Pediatr Neurol. 2005 Nov;33(5):314-6.
- 4. Chengappa KN, Chalasani L, Brar JS,
Parepally H, Houck P, Levine J. Changes in body weight and body
mass index among psychiatric patients receiving lithium, valproate,
or topiramate: an open-label, nonrandomized chart review. Clin
Ther. 2002 Oct;24(10):1576-84.
- 5. Van Gaal L, Rissanen A, Wilding J, Vercruysse
F, Perry B, Fitchet M. Efficacy and safety of topiramate in
obese subjects. Int J Obes. 2003;27:(suppl1):S14.
- 6. Vieta E, Torrent C, Garcia-Ribas G,
Gilabert A, Garcia-Pare's G, Rodriguez A, Cadevall J, Garci'a-Castrillo'n
J, Lusilla P, Arrufat F. Use of topiramate in
bipolar disorders. J Clin Psychopharmacol. 2002 Aug;22(4):431-5.
- 7. Johnson BA, Ait-Daoud N, Akhtar FZ,
Ma JZ Arch Gen Psychiatry. 2004 Sep;61(9):905-12.
- 8. Hedges DW, Reimherr FW, Hoopes SP, Rosenthal
NR, Kamin M, Karim R, Capece JA. Topiramate in bulimia nervosa:
a randomized, double-blind, placebo-controlled
trial, part 2: improvement in psychiatric measures. J Clin Psychiatry.
2003 Dec;64(12):1449-54. PubMed
- 9. Lainez MJ, Pascual J, Pascual AM, Santonja
JM, Ponz A, Salvador A. Topiramate in the prophylaxis of cluster headache. Headache. 2003 Jul-Aug;43(7):784-9 PubMed
- 10. Khazaal Y, Cornuz J, Bilancioni R,
Zullino DF. Topiramate for smoking cessation. Psychiatry Clin
Neurosci. 2006 Jun;60(3):384-8.
- 11. McElroy SL, Shapira NA, Arnold LM,
Keck PE, Rosenthal NR, Wu SC, Capece JA, Fazzio L, Hudson JI.
Long-term use of topiramate in the binge-eating disorder
associated with obesity.
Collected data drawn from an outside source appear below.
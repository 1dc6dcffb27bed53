//! Reads a payload as a bundle, or reports the first error of its text or file.
ghost use Rattle.std.specs.Prelude.{◌≡◌, IfOk, IfErr};
ghost use Rattle.rb_compiler.specs.Compiled.{IsCompiled};
ghost use Rattle.rb_engine.specs.Source.{BundleOrFault, payload_of};
ghost use Rattle.rb_engine.specs.Change.{IsFileOf};
ghost use Rattle.rb_engine.specs.ReadFaults.{IsFirstFault};
ghost use Rattle.rb_engine.specs.declared.request.Payload.TheVariants.{Text, File};

use crate::request::{BundleSource, Payload, Reply};
use rb_compiler::compile_bundle;
use rb_format::FileFault;
use rb_lexer::{SourceFault, SourceKind};
use rb_tree::ByteList;
use rb_validator::{Bundle, accept};
use std::alloc::Global;

/// The reason why an incoming bundle isn't read.
#[derive(Debug, Drop)]
pub enum ReadFault {
    /// The names are invalid, or out of memory.
    Refused(Reply),
    /// The first error of the text, which isn't a valid bundle text.
    BadText(SourceFault),
    /// The first error of the file, which isn't a valid bundle.
    BadFile(FileFault),
}

impl From<ReadFault> for Reply {
    ghost use Rattle.rb_engine.specs.Source.{unread_reply};

    ghost from_gives = { λ e r. r ≡ unread_reply e };

    fn from(fault: ReadFault) -> Self {
        match fault {
            ReadFault::Refused(reply) => reply,
            ReadFault::BadText(_) => Reply::BadText,
            ReadFault::BadFile(_) => Reply::BadFile,
        }
    }
}

impl From<SourceFault> for ReadFault {
    ghost use Rattle.rb_engine.specs.Source.{IsTextFault};

    ghost from_gives = { λ e f. IsTextFault e f };

    /// Converts the error of a text: out of memory isn't one of the text.
    fn from(fault: SourceFault) -> Self {
        match fault.kind {
            SourceKind::Memory => ReadFault::Refused(Reply::Memory),
            _ => ReadFault::BadText(fault),
        }
    }
}

fn text_bundle(alloc: Global, text: &[u8]) -> Result<Bundle, ReadFault>
    ensures bundle { BundleOrFault (Text text.now) result }
    ensures first { IfErr result (IsFirstFault (Text text.now)) }
    ensures file { IfOk result (λ file. IsCompiled text.now file) }
{
    let bundle = compile_bundle(alloc, text)?;
    Ok(bundle)
}

fn file_bundle(alloc: Global, file: ByteList) -> Result<Bundle, ReadFault>
    ensures bundle { BundleOrFault (File file) result }
    ensures first { IfErr result (IsFirstFault (File file)) }
    ensures file { IfOk result (λ bundle. bundle ≡ file) }
{
    rb_format::laws::a_tree_or_a_fault();
    match accept(alloc, file.into_vec()) {
        Ok(bundle) => Ok(bundle),
        Err((FileFault::Memory, _)) => Err(ReadFault::Refused(Reply::Memory)),
        Err((fault, _)) => Err(ReadFault::BadFile(fault)),
    }
}

/// Reads a bundle, or returns its first error.
pub(crate) fn bundle_of(alloc: Global, source: BundleSource<'_>) -> Result<Bundle, ReadFault>
    ensures bundle { BundleOrFault (payload_of source.entry) result }
    ensures first { IfErr result (IsFirstFault (payload_of source.entry)) }
    ensures file { IfOk result (IsFileOf (payload_of source.entry)) }
{
    match source {
        BundleSource::Text(text) => text_bundle(alloc, text),
        BundleSource::File(file) => file_bundle(alloc, file),
    }
}

pub(crate) fn payload_bundle(alloc: Global, payload: Payload) -> Result<Bundle, ReadFault>
    ensures bundle { BundleOrFault payload result }
{
    match payload {
        Payload::Text(text) => text_bundle(alloc, text.as_slice()),
        Payload::File(file) => file_bundle(alloc, file),
    }
}
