ghost use Rattle.std.specs.Prelude.{◌≡◌};

use rb_locales::Name;
use rb_tree::ByteList;
use std::marker::Model;

/// The payload of a request, from which a bundle is read.
#[derive(Drop)]
pub enum Payload {
    Text(ByteList),
    File(ByteList),
}

/// The payload that a bundle is read from. A text is borrowed; a file becomes the bundle.
#[derive(Drop)]
pub enum BundleSource<'a> {
    Text(&'a [u8]),
    File(ByteList),
}

/// A request of an application, with unchecked names.
#[derive(Drop)]
pub enum Request {
    Install {
        app: ByteList,
        locale: ByteList,
        payload: Payload,
    },
    Replace {
        app: ByteList,
        locale: ByteList,
        payload: Payload,
    },
    Remove {
        app: ByteList,
        locale: ByteList,
    },
    List {
        app: ByteList,
    },
}

#[derive(Debug, Drop)]
pub struct NameList {
    names: Vec<Name>,
}

impl Model for NameList {
    ghost use Rattle.std.specs.Prelude.{List, ℕ};

    ghost Value = { List (List ℕ) };

    ghost view = { λ n. n.names.items };
}

impl NameList {
    pub(crate) fn from_vec(names: Vec<Name>) -> Self
        ensures { result ≡ names.items }
    {
        NameList { names }
    }

    pub fn as_slice(&self) -> &[Name]
        ensures { result.now ≡ self.now }
    {
        &self.names
    }
}

#[derive(Debug, Drop)]
pub enum Reply {
    Done,
    Names(NameList),
    BadApp,
    /// The application's name is `ICUDATA`.
    Reserved,
    BadLocale,
    BadText,
    BadFile,
    /// A bundle with this name exists.
    Exists,
    /// No bundle with this name exists.
    Absent,
    /// The application has the maximum number of bundles.
    Full,
    /// Out of memory; nothing has changed.
    Memory,
}

/// The reason why a lookup finds nothing.
#[derive(Clone, Copy, Debug, PartialEq, Eq)]
pub enum LookFault {
    BadApp,
    /// The application's name is `ICUDATA`.
    Reserved,
    BadLocale,
    BadPath,
    /// The given path, or one that an alias made, is too long.
    PathTooLong,
    Chain,
    /// A text at `%%ALIAS` or `%%Parent` isn't a name.
    BadParent,
    /// No name of the trail has a bundle without a text at `%%ALIAS`.
    NoBundle,
    Missing,
    /// The text of an alias is invalid.
    AliasText,
    /// An alias names a package that isn't accessible.
    AliasPackage,
    TooManyAliases,
}

#[derive(Clone, Copy, Debug, PartialEq, Eq)]
pub struct TooManySteps;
J Clin Psychiatry. 2004 Nov;65(11):1463-9.
- 12. Chong MS, Libretto SE. The rationale
and use of topiramate for treating neuropathic pain. Clin J
Pain. 2003 Jan-Feb;19(1):59-68. PubMed
- 13. Zullino DF, Krenz S, Zimmerman G,
Miozzari A, Rajeswaran R, Kolly S, Khazaal Y.
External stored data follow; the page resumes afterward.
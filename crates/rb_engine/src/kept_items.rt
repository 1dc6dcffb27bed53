//! The places that an engine keeps where lookups ended that came more than once.
ghost use Rattle.std.specs.Prelude.{◌≡◌, ◌<◌, ◌≤◌, ℕ, List, IfOk, IfSome, Ok, OnSome, false, length};
ghost use Rattle.std.specs.Prelude.{true};
ghost use Rattle.std.specs.Bool.{OnTrue};
ghost use Rattle.rb_parents.specs.Family.{parent_of};
ghost use Rattle.rb_parents.specs.Trail.{ParentsOf};
ghost use Rattle.rb_views.specs.Seen.{tree_seen};
ghost use Rattle.rb_fallback.specs.Answers.{hit_of};
ghost use Rattle.rb_packages.specs.App.{app_of};
ghost use Rattle.rb_packages.specs.Packages.{Stored};
ghost use Rattle.rb_engine.specs.Answer.{Finds};
ghost use Rattle.rb_engine.specs.Place.{place_of};
ghost use Rattle.rb_engine.specs.Version.{is_current, last_version};
ghost use Rattle.rb_engine.specs.inner.LastChanges.{version_in};
ghost use Rattle.rb_engine.specs.inner.KeptItems.{AreItemsKept, IsAnswer, IsWithinSteps};
ghost use Rattle.rb_engine.specs.inner.KeptLocales.{IsAnsweredFor, TakesMoreFor};

use crate::asked::Asked;
use crate::engine::look_in_within;
use crate::kept_path::KeptPath;
use crate::open_locale::is_current;
use crate::place::Place;
use crate::spot::{Spot, spot_of};
use rb_fallback::Found;
use rb_packages::{BundleHint, Packages};
use rb_parents::Parents;
use rb_views::Item;
use std::alloc::{AllocError, Global};
use std::hash::{FoldHasher, Hasher};

/// A lookup and the place where it ended, with the version of the engine then.
#[derive(Clone, Copy)]
pub(crate) struct KeptItem {
    pub(crate) version: u64,
    pub(crate) place: Place,
    pub(crate) path: KeptPath,
    pub(crate) spot: Spot,
    /// A number of steps that suffices for the lookup.
    pub(crate) steps: u64,
}

/// The hashes that belong to a slot.
#[derive(Clone, Copy)]
struct Tag {
    /// That of the lookup in the slot.
    kept: u64,
    /// That of a lookup that asks for the slot, or 0.
    asked: u64,
    /// True once that one was tried, so that a lookup that can't be kept isn't tried each time.
    is_tried: bool,
    /// True once another lookup asked for the slot, too. The next one takes its place.
    is_passed: bool,
}

impl Tag {
    const NONE: Tag = Tag {
        kept: 0,
        asked: 0,
        is_tried: false,
        is_passed: false,
    };

    /// Notes that the lookup in the slot came: another one must ask twice from here on.
    fn stay(&mut self) {
        self.asked = 0;
        self.is_passed = false;
    }

    /// Notes that a lookup asks for the slot and isn't in it.
    fn ask(&mut self, hash: u64) -> Asked {
        if self.asked == hash {
            let is_first = !self.is_tried;
            self.is_tried = true;
            return if is_first { Asked::Again } else { Asked::First };
        }
        if self.asked != 0 && !self.is_passed {
            self.is_passed = true;
            return Asked::First;
        }
        self.asked = hash;
        self.is_tried = false;
        self.is_passed = false;
        Asked::First
    }
}

/// A table of lookups and where they ended. A lookup has one slot, which its names and its path
/// choose, so the table never grows. A slot of an older version counts as empty.
#[derive(Drop)]
pub(crate) struct KeptItems {
    pub(crate) slots: Vec<Option<KeptItem>>,
    /// The hashes of each slot, apart from it: a lookup that isn't kept reads little memory.
    tags: Vec<Tag>,
    /// The index of the slot that was asked for last.
    recent: usize,
}

/// Hashes the names and the path of a lookup in a version. A caller who finds lookups with equal
/// hashes can only keep one of them out of the table.
fn hash_of(app: &[u8], locale: &[u8], path: &[u8], version: u64) -> u64 {
    let mut hasher = FoldHasher::default();
    hasher.write_u64(version);
    hasher.write(app);
    hasher.write(locale);
    hasher.write(path);
    hasher.finish()
}

/// Scales a hash to an index below a count, or returns `None` if that is 0.
fn index_of(hash: u64, count: usize) -> Option<usize>
    ensures { IfSome result (λ i. i < count) }
{
    let product = hash as u128 * count as u128;
    let index = (product >> 64) as usize;
    if index < count { Some(index) } else { None }
}

/// Notes the hash of the lookup that was stored in the slot at an index.
fn note_kept(tags: &mut [Tag], index: usize, hash: u64) {
    if let Some(tag) = tags.get_mut(index) {
        tag.kept = hash;
    }
}

impl KeptItem {
    /// Returns true if this is what a lookup by these names finds in this version.
    fn is_of(&self, app: &[u8], locale: &[u8], path: &[u8], version: u64) -> bool
        ensures { OnTrue result ((self.now.place.app ≡ app.now)
            × (self.now.place.name ≡ locale.now) × (self.now.path ≡ path.now)
            × (is_current self.now.version version ≡ true)) }
    {
        is_current(self.version, version)
            && self.path.as_slice() == path
            && self.place.app.as_bytes() == app
            && self.place.name.as_bytes() == locale
    }
}

impl KeptItems {
    pub(crate) fn none(alloc: Global) -> KeptItems
        ensures { (packages : Stored) → (parents : ParentsOf) → (versions : List ℕ)
            → (latest : ℕ) → AreItemsKept result.slots.items packages parents versions latest }
    {
        KeptItems {
            slots: Vec::new(alloc),
            tags: Vec::new(alloc),
            recent: 0,
        }
    }

    /// Makes a table with this many empty slots.
    pub(crate) fn with_slots(alloc: Global, count: usize) -> Result<KeptItems, AllocError>
        ensures { IfOk result (λ items. (packages : Stored) → (parents : ParentsOf)
            → (versions : List ℕ) → (latest : ℕ)
            → AreItemsKept items.slots.items packages parents versions latest) }
    {
        Ok(KeptItems {
            slots: vec![in alloc; None; count]?,
            tags: vec![in alloc; Tag::NONE; count]?,
            recent: 0,
        })
    }

    /// Returns the item that was kept for a lookup in this version, if it was asked for last.
    fn find(&self, app: &[u8], locale: &[u8], path: &[u8], version: u64) -> Option<&KeptItem>
        ensures { (packages : Stored) → (parents : ParentsOf) → (versions : List ℕ)
            → (latest : ℕ) → version ≡ version_in versions app.now
            → AreItemsKept self.now.slots.items packages parents versions latest → IfSome result
            (λ item. (item.now.place.app ≡ app.now) × (item.now.place.name ≡ locale.now)
            × (item.now.path ≡ path.now) × IsAnswer item.now packages parents
            × (place_of item.now.place.app item.now.place.name ≡ Ok item.now.place)
            × IsWithinSteps item.now packages parents) }
    {
        if self.recent >= self.slots.len() {
            return None;
        }
        match &self.slots[self.recent] {
            Some(item) => {
                if item.is_of(app, locale, path, version) {
                    return Some(item);
                }
                None
            }
            None => None,
        }
    }

    /// Asks for the item of a lookup, which `look` then finds if it is kept, and notes that.
    pub(crate) fn ask(&mut self, app: &[u8], locale: &[u8], path: &[u8], version: u64) -> Asked
        ensures { (packages : Stored) → (parents : ParentsOf) → (versions : List ℕ)
            → (latest : ℕ) → AreItemsKept self.old.slots.items packages parents versions latest
            → AreItemsKept self.new.slots.items packages parents versions latest }
    {
        let hash = hash_of(app, locale, path, version);
        let Some(index) = index_of(hash, self.tags.len()) else {
            return Asked::First;
        };
        self.recent = index;
        if self.tags[index].kept == hash && self.find(app, locale, path, version).is_some() {
            self.tags[index].stay();
            return Asked::Kept;
        }
        self.recent = usize::MAX;
        self.tags[index].ask(hash)
    }

    /// Returns what a lookup in at most this many steps finds whose item is kept in this version and
    /// was asked for last.
    pub(crate) fn look<'a>(
        &self,
        packages: &'a Packages,
        version: u64,
        app: &[u8],
        locale: &[u8],
        path: &[u8],
        steps: u64,
    ) -> Option<Found<Item<'a>>>
        ensures within { (parents : ParentsOf) → (versions : List ℕ) → (latest : ℕ)
            → version ≡ version_in versions app.now
            → AreItemsKept self.now.slots.items packages.now parents versions latest
            → OnSome result (TakesMoreFor false (Some steps) packages.now parents app.now locale.now
            path.now) }
        ensures found { (parents : ParentsOf) → (versions : List ℕ) → (latest : ℕ)
            → version ≡ version_in versions app.now
            → AreItemsKept self.now.slots.items packages.now parents versions latest
            → IfSome result (λ f. IsAnsweredFor (Finds (hit_of tree_seen f) f.valid) packages.now
            parents app.now locale.now path.now) }
    {
        let item = self.find(app, locale, path, version)?;
        if item.steps > steps {
            return None;
        }
        let hint = BundleHint {
            app: item.spot.app,
            ..BundleHint::NONE
        };
        let own = packages.shelf_near(&item.place.app, hint);
        item.spot.find(own, packages.icu_shelf())
    }

    /// Keeps where a lookup ends, if it finds a short text in at most this many steps.
    pub(crate) fn keep(
        &mut self,
        packages: &Packages,
        parents: &Parents,
        version: u64,
        place: &Place,
        path: &[u8],
        steps: u64,
    )
        requires { app_of place.now.app ≡ Ok place.now.app }
        ensures { (versions : List ℕ) → (latest : ℕ)
            → version ≡ version_in versions place.now.app
            → (version < last_version → version ≤ latest)
            → AreItemsKept self.old.slots.items packages.now (parent_of parents.now) versions latest
            → AreItemsKept self.new.slots.items packages.now (parent_of parents.now) versions latest }
    {
        let hash = hash_of(place.app.as_bytes(), place.name.as_bytes(), path, version);
        let Some(index) = index_of(hash, self.slots.len()) else {
            return;
        };
        let Ok(_) = look_in_within(packages, parents, place, BundleHint::NONE, path, steps) else {
            return;
        };
        let Some(path) = KeptPath::of(path) else {
            return;
        };
        if let Some(spot) = spot_of(packages, parents, place, &path) {
            self.slots[index] = Some(KeptItem {
                version,
                place: *place,
                path,
                spot,
                steps,
            });
            self.recent = index;
            note_kept(&mut self.tags, index, hash);
        }
    }
}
Subst Abus. 2005 Dec;25(4):27-33. PubMed
- 14. Wilding J, Van Gaal L, Rissanen A,
Vercruysse F, Fitchet M; OBES-002 Study Group. A randomized
double-blind placebo-controlled study of the long-term efficacy
and safety of Topamax in obese subjects.
Int J Obes Relat Metab Disord. 2004 Nov;28(11):1399-410.
- 15. Gadde KM, Allison DB, Ryan DH, Peterson CA, Troupin B, Schwiers ML, Day WW. Effects of phentermine plus topiramate combination on weight and associated comorbidities in overweight and obese adults (CONQUER): a randomised, placebo-controlled, phase 3 trial. Lancet. 2011 Apr 16;377(9774):1341-52. PubMed
Last updated: December 2013
- Topiramate is a sulfamate-substituted monosaccharide,
related to fructose, a rather unusual chemical structure for an anticonvulsant.
- Topamax was originally developed as an oral hypoglycaemic agent afterward approved as anticonvulsant.